Copy every line that contains the string "ghost" from the entries below.

(Dataset items)
◇ ◇ ◇ ◇

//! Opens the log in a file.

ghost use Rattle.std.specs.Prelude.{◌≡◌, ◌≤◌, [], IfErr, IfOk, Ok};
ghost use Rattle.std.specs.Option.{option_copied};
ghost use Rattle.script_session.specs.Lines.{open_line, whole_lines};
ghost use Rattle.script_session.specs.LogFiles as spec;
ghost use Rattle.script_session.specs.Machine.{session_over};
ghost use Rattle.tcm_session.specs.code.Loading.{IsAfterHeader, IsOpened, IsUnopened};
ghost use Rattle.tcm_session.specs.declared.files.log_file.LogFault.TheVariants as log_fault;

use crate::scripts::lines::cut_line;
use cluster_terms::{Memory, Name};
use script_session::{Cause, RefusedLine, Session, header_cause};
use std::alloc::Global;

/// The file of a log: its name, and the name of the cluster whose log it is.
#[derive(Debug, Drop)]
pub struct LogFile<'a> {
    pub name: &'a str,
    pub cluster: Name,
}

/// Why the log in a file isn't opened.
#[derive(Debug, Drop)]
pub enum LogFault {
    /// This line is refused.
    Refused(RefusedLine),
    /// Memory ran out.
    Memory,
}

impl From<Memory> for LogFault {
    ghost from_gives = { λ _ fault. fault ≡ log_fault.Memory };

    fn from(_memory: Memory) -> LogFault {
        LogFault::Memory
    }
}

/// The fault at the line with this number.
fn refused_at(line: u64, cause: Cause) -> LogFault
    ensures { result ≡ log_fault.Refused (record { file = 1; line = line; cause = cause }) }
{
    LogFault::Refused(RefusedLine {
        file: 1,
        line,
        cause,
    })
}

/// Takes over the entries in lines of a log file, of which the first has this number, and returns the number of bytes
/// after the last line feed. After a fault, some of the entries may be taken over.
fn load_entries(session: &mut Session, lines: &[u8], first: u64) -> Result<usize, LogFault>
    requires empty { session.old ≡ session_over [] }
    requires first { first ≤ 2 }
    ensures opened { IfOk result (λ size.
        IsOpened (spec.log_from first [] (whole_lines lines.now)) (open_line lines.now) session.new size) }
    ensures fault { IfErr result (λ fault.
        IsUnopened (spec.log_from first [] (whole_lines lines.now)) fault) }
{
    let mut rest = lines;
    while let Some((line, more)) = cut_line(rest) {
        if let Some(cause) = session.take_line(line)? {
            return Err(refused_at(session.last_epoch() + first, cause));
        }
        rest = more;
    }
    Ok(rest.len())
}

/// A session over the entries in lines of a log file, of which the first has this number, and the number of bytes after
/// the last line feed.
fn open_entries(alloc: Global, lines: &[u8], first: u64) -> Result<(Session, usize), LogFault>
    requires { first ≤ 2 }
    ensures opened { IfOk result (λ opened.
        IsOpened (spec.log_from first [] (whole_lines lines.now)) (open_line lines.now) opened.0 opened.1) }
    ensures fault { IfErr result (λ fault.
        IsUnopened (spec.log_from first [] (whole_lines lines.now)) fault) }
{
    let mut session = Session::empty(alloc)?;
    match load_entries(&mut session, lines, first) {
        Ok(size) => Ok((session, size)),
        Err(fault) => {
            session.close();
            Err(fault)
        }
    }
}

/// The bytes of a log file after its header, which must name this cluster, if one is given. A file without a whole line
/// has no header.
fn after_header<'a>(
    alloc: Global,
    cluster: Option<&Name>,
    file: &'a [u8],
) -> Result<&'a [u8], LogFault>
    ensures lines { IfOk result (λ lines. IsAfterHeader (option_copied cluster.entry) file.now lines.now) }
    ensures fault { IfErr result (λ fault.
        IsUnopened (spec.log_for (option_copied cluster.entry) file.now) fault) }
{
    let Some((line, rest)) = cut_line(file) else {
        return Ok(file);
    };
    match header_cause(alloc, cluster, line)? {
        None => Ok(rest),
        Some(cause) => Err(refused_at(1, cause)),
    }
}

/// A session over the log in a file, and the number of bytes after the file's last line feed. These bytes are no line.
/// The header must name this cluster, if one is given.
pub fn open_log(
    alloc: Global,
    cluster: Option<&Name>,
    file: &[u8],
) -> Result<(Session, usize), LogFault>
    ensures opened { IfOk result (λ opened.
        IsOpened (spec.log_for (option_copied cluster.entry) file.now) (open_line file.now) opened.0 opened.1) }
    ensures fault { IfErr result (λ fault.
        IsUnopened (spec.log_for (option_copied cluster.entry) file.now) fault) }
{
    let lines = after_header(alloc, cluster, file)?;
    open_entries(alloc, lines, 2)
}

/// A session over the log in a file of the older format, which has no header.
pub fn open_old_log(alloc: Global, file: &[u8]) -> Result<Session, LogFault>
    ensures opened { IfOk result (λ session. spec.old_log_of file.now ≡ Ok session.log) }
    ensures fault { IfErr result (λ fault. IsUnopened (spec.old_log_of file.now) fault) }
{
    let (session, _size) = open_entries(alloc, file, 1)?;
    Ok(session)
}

◇ ◇ ◇ ◇

Exercise result.
ghost use Rattle.std.specs.Prelude.{◌≡◌, ◌≤◌, [], IfErr, IfOk, Ok};
ghost use Rattle.std.specs.Option.{option_copied};
ghost use Rattle.script_session.specs.Lines.{open_line, whole_lines};
ghost use Rattle.script_session.specs.LogFiles as spec;
ghost use Rattle.script_session.specs.Machine.{session_over};
ghost use Rattle.tcm_session.specs.code.Loading.{IsAfterHeader, IsOpened, IsUnopened};
ghost use Rattle.tcm_session.specs.declared.files.log_file.LogFault.TheVariants as log_fault;
    ghost from_gives = { λ _ fault. fault ≡ log_fault.Memory };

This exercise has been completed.